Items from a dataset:
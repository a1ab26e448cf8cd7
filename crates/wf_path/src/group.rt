//! Group frames: data frames whose first address is the address of a group of stations (IEEE 802.11-2012,
//! 10.2.1.4). The path keeps the length, the tag and the destination of each; its octets stay with its owner.
//! `PathAsk::Group` makes the calls about them.

ghost use Rattle.std.specs.Prelude.{◌≡◌, ◌<◌, ℕ, option_map, IfErr, OnOk};
ghost use Rattle.wf_frame.specs.Calls.{in_bss};
ghost use Rattle.wf_frame.specs.Frames.{FrameValue};
ghost use Rattle.wf_frame.specs.declared.notes.Ask.TheVariants.{Group};
ghost use Rattle.wf_frame.specs.declared.notes.GroupAsk.TheVariants.{Accept};
ghost use Rattle.wf_frame.specs.declared.notes.GroupReply.TheVariants.{Queued};
ghost use Rattle.wf_frame.specs.declared.notes.Note.TheVariants.{Asked};
ghost use Rattle.wf_frame.specs.declared.notes.ReplyNote.TheVariants.{Group as Groups};
ghost use Rattle.wf_def_world.specs.Group.{bss_count, dtim_period};
ghost use Rattle.wf_def_world.specs.World.{World, group_of, is_any_asleep};
ghost use Rattle.wf_octets.specs.GroupLayout.{group_octets};
ghost use Rattle.wf_send_parts.specs.Group.{world_frame, group_counts, latest_beacon};
ghost use Rattle.wf_send_half.specs.Group.{counts_in_state, beacon_in_state, everyone};
ghost use Rattle.wf_send_half.specs.Replies.{reply_of_result};
ghost use Rattle.wf_send_half_model.specs.Changes.{after_group_call};
ghost use Rattle.wf_send_half_model.specs.Half.{group_in, is_any_asleep_of};
ghost use Rattle.wf_send_half_model.specs.Standing.{StandsFor, Meets};
ghost use Rattle.wf_path.specs.Group.{group_header_of};
ghost use Rattle.wf_path.specs.Paths.{IsPath, IsSmall, RiseLittle, IsAnsweredBriefly};

use crate::Path;
use wf_frame::{Brief, GroupCall, Refusal};
use wf_octets::header::{GROUP_HEADER_OCTETS, GroupHeader, encode_group};
use wf_octets::seq12::Seq12;
use wf_send_parts::group::{Beacon, GroupCounts, GroupFrame};

impl Path {
    // Makes a call about the group frames of a BSS.
    pub(crate) fn group(&mut self, call: GroupCall) -> Brief
        requires small { IsSmall self.old.half }
        ensures { IsAnsweredBriefly self.old (Group call) self.new result }
    {
        match self.half.group(call) {
            Ok(answer) => Brief::Group(answer),
            Err(reason) => Brief::Refused(reason),
        }
    }

    /// Accepts a group frame of a BSS with a body of `len` octets, 1 to 2304, and returns its id. `tag`
    /// identifies it to its owner, and `to` is its destination, the address of a group. Refused as BadBss, or
    /// as Buffered if as many are queued as the setting `buffered` allows.
    pub fn accept_group(&mut self, bss: u8, len: u16, tag: u64, to: [u8; 6]) -> Result<u64, Refusal>
        requires small { IsSmall self.old.half }
        ensures meets { (w : World) (bodies : ℕ → FrameValue) → StandsFor self.old.half w bodies →
            Meets w bodies (Asked (Group (in_bss bss (Accept len)))) self.new.half
            (reply_of_result (λ id. Groups (Queued id)) result) }
        ensures queued { OnOk result (self.new ≡ record self.old {
          half = after_group_call self.old.half (in_bss bss (Accept len)) tag to;
        }) }
        ensures refused { IfErr result (λ _. self.new ≡ self.old) }
        ensures addresses { self.new.addresses ≡ self.old.addresses }
        ensures path { IsPath self.new.half }
        ensures rises { RiseLittle self.old.half self.new.half }
    {
        self.half.accept_group(bss, len, tag, to)
    }

    /// Returns the group frame of a BSS that is on the air, if there is one.
    pub fn group_frame(&self, bss: u8) -> Option<GroupFrame>
        requires { bss < bss_count self.now.half.config.bsses }
        ensures value { result ≡ option_map (λ x. x.frame) (group_in self.now.half bss).flying }
        ensures world { (w : World) (bodies : ℕ → FrameValue) → StandsFor self.now.half w bodies →
            option_map world_frame result ≡ (group_of w bss).flying }
    {
        self.half.group_frame(bss)
    }

    /// Returns the header of the group frame of a BSS that is on the air, with this source, or None if there
    /// is none (8.3.2.1): from the access point to the frame's destination, with its sequence number, and
    /// with More Data as its pull was answered. The driver sends it before the body.
    pub fn group_header(&self, bss: u8, source: [u8; 6]) -> Option<[u8; GROUP_HEADER_OCTETS]>
        requires { bss < bss_count self.now.half.config.bsses }
        ensures { result ≡ option_map (λ x. group_octets (group_header_of self.now.addresses bss source x))
            (group_in self.now.half bss).flying }
    {
        let flight = self.half.group_flight(bss)?;
        let group = flight.frame.to;
        let bss = self.addresses.bss(bss);
        Some(encode_group(&GroupHeader {
            more: flight.more,
            group,
            bss,
            source,
            seq: Seq12::of(u64::from(flight.number)),
        }))
    }

    /// Returns the counts of the group frames of a BSS.
    pub fn group_counts(&self, bss: u8) -> GroupCounts
        requires { bss < bss_count self.now.half.config.bsses }
        ensures value { result ≡ group_counts (group_in self.now.half bss) }
        ensures world { (w : World) (bodies : ℕ → FrameValue) → StandsFor self.now.half w bodies →
            result ≡ counts_in_state (group_of w bss) }
    {
        self.half.group_counts(bss)
    }

    /// Returns the latest beacon of a BSS, as `tim` shows it.
    pub fn beacon(&self, bss: u8) -> Beacon
        requires { bss < bss_count self.now.half.config.bsses }
        ensures value { result
            ≡ latest_beacon (dtim_period self.now.half.config.period) (group_in self.now.half bss) }
        ensures world { (w : World) (bodies : ℕ → FrameValue) → StandsFor self.now.half w bodies →
            result ≡ beacon_in_state (dtim_period w.config.period) (group_of w bss) }
    {
        self.half.beacon(bss)
    }

    /// Returns whether some live station of a BSS sleeps: the next group frame then waits for a DTIM beacon.
    pub fn is_any_asleep(&self, bss: u8) -> bool
        ensures value { result ≡ is_any_asleep_of self.now.half bss }
        ensures world { (w : World) (bodies : ℕ → FrameValue) → StandsFor self.now.half w bodies →
            result ≡ is_any_asleep w bss }
    {
        self.half.is_any_asleep(bss)
    }
}
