//! The transmit path that drivers use, `Path`: the transmit half, and the octets that it sends and reads.
//!
//! `call` makes any call except those about an open exchange. `done_bits` and `done_bytes` end an exchange by
//! the BlockAck that the driver heard, and `done_ack` a plain one, which an Ack answers. `has_small_counts`
//! returns whether these calls may be made.
//!
//! `sent`, `frame_id`, `frame_tag`, `header` and `mpdu` describe the transmissions of an open exchange, as
//! values and as octets (IEEE 802.11-2012, 8.2.4, 8.3.1.8, 8.3.2.1; specs/Transmissions). `done_bytes` reads
//! a BlockAck (8.3.1.9), and `tim` writes the TIM element of a BSS for its sleeping stations (8.4.2.7).
//! `accept_group`, `group_frame` and `group_header` are for the group frames of a BSS, and `beacon` describes
//! its latest beacon (10.2.1.4). A new path has placeholder addresses, which `set_base`, `set_address`,
//! `set_bss_address` and `set_aid` replace. Only `new` allocates memory.
//!
//! By the invariant of `Path` its transmit half represents an unheard world of a run, so each clause that
//! holds for every such world says something.
#![tactic(auto)]

mod addresses;
mod agreements;
mod answers;
mod asks;
mod bss;
mod calls;
mod clock;
mod driver;
mod each;
mod faults;
mod flights;
mod group;
mod job;
mod path;
mod queues;
mod reading;
mod service;
mod small;
mod standing;
mod traffic;
mod unsettled;
mod writing;

pub use asks::{ExchangeAsk, PathAsk, PathJob};
pub use each::Outcome;
pub use faults::{AidFault, BadAddress, DoneFault, NewFault, PathFault};
pub use job::{Job, each_time_that_a_frame_is_sent_counts};
pub use path::Path;
pub use reading::Sent;
pub use small::first_calls_law;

▶ _What you are asked to do_: Locate the word "Refusal" in the entries, and copy every line where it is found.

▶ _Response_:
use wf_frame::{Brief, GroupCall, Refusal};
    pub fn accept_group(&mut self, bss: u8, len: u16, tag: u64, to: [u8; 6]) -> Result<u64, Refusal>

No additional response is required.